The main technical challenge would be connecting area far away regions of high density. Such connections would have to rely either on slow and expensive satellite connections or the existing Internet infrastructure. However, VPN could prevent ease-dropping on the traffic sent between ad hock wireless networks over fiber.

5   curious2   2013 Aug 15, 3:46pm  

Thanks Dan, but I think you meant "ad hoc" and "eavesdropping". I meant what can individual users do today, not what might conceivably be done if everyone could overcome somehow their deep divisions and cooperate.

6   Dan8267   2013 Aug 15, 3:55pm  

curious2 says

Thanks Dan, but I think you meant "ad hoc" and "eavesdropping".

Yeah, it's 2 a.m. here.

curious2 says

what can individual users do today, not what might conceivably be done if everyone could overcome somehow their deep divisions and cooperate.

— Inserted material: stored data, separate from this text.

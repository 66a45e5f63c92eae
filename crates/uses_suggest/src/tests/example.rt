//! The example of the README of `jser_suggest`.

// README: jser_suggest
use jser_reader::Stop;
use jser_suggest::{SampleFault, Samples};
use std::alloc::Global;

/// The least filter that admits both streams.
fn least_filter(alloc: Global, first: &[u8], second: &[u8]) -> Result<String, SampleFault> {
    let mut samples = Samples::new(alloc);
    samples.add(alloc, first)?;
    samples.add(alloc, second)?;
    match samples.text(alloc) {
        Ok(text) => Ok(text),
        Err(_) => Err(SampleFault::Stop(Stop::OutOfMemory)),
    }
}
// end

use crate::tests::asserted::holds;

#[test]
fn two_streams(rt: HostRuntime) {
    // A block of the byte 5; and the string `a`.
    let blocks = b"\xAC\xED\x00\x05\x77\x01\x05";
    let string = b"\xAC\xED\x00\x05\x74\x00\x01a";
    let wanted = "maxbytes=8;maxrefs=1;maxdepth=1;maxarray=0;!*";
    match least_filter(rt.alloc(), blocks, string) {
        Ok(text) => holds(
            &rt,
            text.as_str() == wanted,
            "the filter of a block and a string",
        ),
        Err(_) => panic!(rt; "no filter"),
    }
}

Teach your friends and family to us asymmetric encryption. It actually isn't that hard. Encrypt every email you send with the recipient's public key. Have the other party do the same with your public key.

Such messages can only be decrypted with the corresponding private key. If everyone did this, not even the NSA would be able to read messages. It would take them way the hell too long to break even a few long keys.

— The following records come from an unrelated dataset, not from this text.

//! The types of expressions. Each expression has one type, found from below; where a name is not what stands there, there is none.

ghost use Rattle.std.specs.Prelude.{◌≡◌};
ghost use Rattle.algol_tree.specs.Accepted.{noted_all};
ghost use Rattle.algol_tree.specs.Image.{expr, exprs};
ghost use Rattle.algol_tree.specs.Surroundings.{Surroundings};
ghost use Rattle.algol_tree.specs.Types as rules;
ghost use Rattle.algol_sites.specs.Seen.{class_seen};
ghost use Rattle.algol_sites.specs.Seeing.{TellsEach, TellsIn};
ghost use Rattle.algol_sites.specs.Noting.{differs, mistyped, mistyped_for, mistyped_list, broken_if, type_by};
ghost use Rattle.algol_tree.specs.declared.refusal.Code.TheVariants as codes;
ghost use Rattle.algol_tree.specs.Cells as cells;

use crate::told::sort_at;
use algol_frames::Scopes;
use algol_rules::{Faults, boxed_expr, exprs_in, first_spot};
use algol_sorts::Sort;
use algol_tree::{Code, Expr, Kind, Op, Variable};

/// The type of what an operator gives.
fn given_by(op: Op) -> Kind
    ensures { result ≡ rules.given_by op }
{
    match op {
        Op::Add | Op::Sub | Op::Mul | Op::Over | Op::Div | Op::Mod => Kind::Number,
        Op::Lss | Op::Leq | Op::Eql | Op::Neq | Op::Geq | Op::Gtr => Kind::Truth,
        Op::And | Op::Or | Op::Imp | Op::Eqv => Kind::Truth,
    }
}

/// The type of an operator's operands.
pub fn taken_by(op: Op) -> Kind
    ensures { result ≡ rules.taken_by op }
{
    match op {
        Op::And | Op::Or | Op::Imp | Op::Eqv => Kind::Truth,
        Op::Add | Op::Sub | Op::Mul | Op::Over | Op::Div | Op::Mod => Kind::Number,
        Op::Lss | Op::Leq | Op::Eql | Op::Neq | Op::Geq | Op::Gtr => Kind::Number,
    }
}

/// The type of a name that is read.
pub fn read_type(sort: Sort) -> Option<Kind>
    ensures { result ≡ rules.read_type (class_seen sort) }
{
    match sort {
        Sort::Variable(kind) => Some(kind),
        Sort::ByName(kind) => Some(kind),
        Sort::Procedure(kind) => kind,
        _ => None,
    }
}

/// The type of an array's elements.
pub fn element_type(sort: Sort) -> Option<Kind>
    ensures { result ≡ rules.element_type (class_seen sort) }
{
    match sort {
        Sort::Array(kind, _) => Some(kind),
        Sort::FormalArray(kind, _) => Some(kind),
        _ => None,
    }
}

/// The type of the result of a call.
fn result_type(sort: Sort) -> Option<Kind>
    ensures { result ≡ rules.result_type (class_seen sort) }
{
    match sort {
        Sort::Procedure(kind) => kind,
        _ => None,
    }
}

/// The type of a variable whose name is declared as this.
fn variable_type(sort: Sort, v: &Variable) -> Option<Kind>
    ensures { result ≡ type_by (class_seen sort) (exprs v.now.subs) }
{
    match exprs_in(&v.subs).split_first() {
        None => read_type(sort),
        Some(_) => element_type(sort),
    }
}

/// The type of an expression, none where a name in it is not what stands there.
pub fn type_of(scopes: &Scopes, e: &Expr) -> Option<Kind>
    ensures { (a : Surroundings) → TellsIn scopes.now a (expr e.now) → result ≡ rules.type_of (expr e.now) a }
{
    match e {
        Expr::Number(_, _) => Some(Kind::Number),
        Expr::Truth(_, _) => Some(Kind::Truth),
        Expr::Variable(v) => variable_type(sort_at(scopes, &v.name), v),
        Expr::Call(c) => result_type(sort_at(scopes, &c.name)),
        Expr::Happened(_, _) => Some(Kind::Truth),
        Expr::Available(_, _) => Some(Kind::Truth),
        Expr::Fix(_, _) => Some(Kind::Truth),
        Expr::WaitAny(_, _) => Some(Kind::Number),
        Expr::Paren(e, _) => type_of(scopes, boxed_expr(e)),
        Expr::Plus(_, _) => Some(Kind::Number),
        Expr::Neg(_, _) => Some(Kind::Number),
        Expr::Not(_, _) => Some(Kind::Truth),
        Expr::Two(op, _, _) => Some(given_by(*op)),
        Expr::If(_, x, _, _) => type_of(scopes, boxed_expr(x)),
    }
}

/// Notes where something of a type that may be known stands where another type is wanted.
fn want_type(kind: Kind, found: Option<Kind>, e: &Expr, faults: &mut Faults)
    ensures { faults.new.first ≡ noted_all faults.old.first (broken_if codes.WrongType (differs kind found) (cells.first_spot (expr e.now))) }
{
    match found {
        None => {}
        Some(found) => {
            if found != kind {
                faults.note(first_spot(e), Code::WrongType);
            }
        }
    }
}

/// Notes where an expression has another type than the one that is wanted.
pub fn want(scopes: &Scopes, kind: Kind, e: &Expr, faults: &mut Faults)
    ensures { (a : Surroundings) → TellsIn scopes.now a (expr e.now) → faults.new.first ≡ noted_all faults.old.first (mistyped kind (expr e.now) a) }
{
    want_type(kind, type_of(scopes, e), e, faults);
}

/// The same where nothing may be wanted.
pub fn want_if(scopes: &Scopes, kind: Option<Kind>, e: &Expr, faults: &mut Faults)
    ensures { (a : Surroundings) → TellsIn scopes.now a (expr e.now) → faults.new.first ≡ noted_all faults.old.first (mistyped_for kind (expr e.now) a) }
{
    match kind {
        None => {}
        Some(kind) => want(scopes, kind, e, faults),
    }
}

/// Notes which of these expressions are no numbers.
pub fn want_numbers(scopes: &Scopes, es: &[Expr], faults: &mut Faults)
    ensures { (a : Surroundings) → TellsEach scopes.now a (exprs es.now) → faults.new.first ≡ noted_all faults.old.first (mistyped_list (exprs es.now) a) }
{
    'expressions: for e in es {
        want(scopes, Kind::Number, e, faults);
    }
}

Get app developers to write open source apps that support encryption for all network communication using asymmetric encryption. Use this for video chat, telephony, etc.

Of course, I suspect that our government would make this illegal as well if it became popular. But the technology has been available since the 1970s.

7   curious2   2013 Aug 15, 4:02pm  

Dan8267 says

Teach your friends and family to us asymmetric encryption.

That's why I posted a link to Mailvelope, and a thread on related topics. But, I don't have your expertise, and I don't know much about specific services. You can say "asymmetric encryption" as if everyone knows what that means and how to do it, but that doesn't really explain how. I assume you mean GPG&PGP, which require downloads etc.

8   Dan8267   2013 Aug 15, 4:17pm  

Luckily, you don't have to know how the technology works in order to use the technology. You just have to get familiar with the services offer. The guy behind Mega is trying to offer an encrypted Internet suite.

But if your interested in how it works, How Stuff Works has a good overview.

http://computer.howstuffworks.com/encryption3.htm

9   curious2   2013 Aug 15, 4:30pm  

Dan8267 says

Luckily, you don't have to know how the technology works in order to use the technology. You just have to get familiar with the services offer.

Which do you recommend, and how does anyone know which of them to trust? Even Tor has been targeted by malware, and there is the question of who exactly is "volunteering" to host Tor exit nodes and why so many happen to be in Romania.

Dan8267 says

The guy behind Mega is trying to offer an encrypted Internet suite.

...but he isn't offering it yet, and he does have a record of - reportedly - fraud and hacking and embezzlement. That doesn't inspire a lot of trust.

The issue of trust is a bit like the position of the USD. We can say Bubbles Ben is printing with abandon, and yet other currencies are trusted even less. Likewise we can say the US government is reportedly breaking its own privacy rules thousands of times annually, but other actors (state and non-state) might be worse. Edward Snowden went from America to Russia, not exactly an improvement in terms of human rights.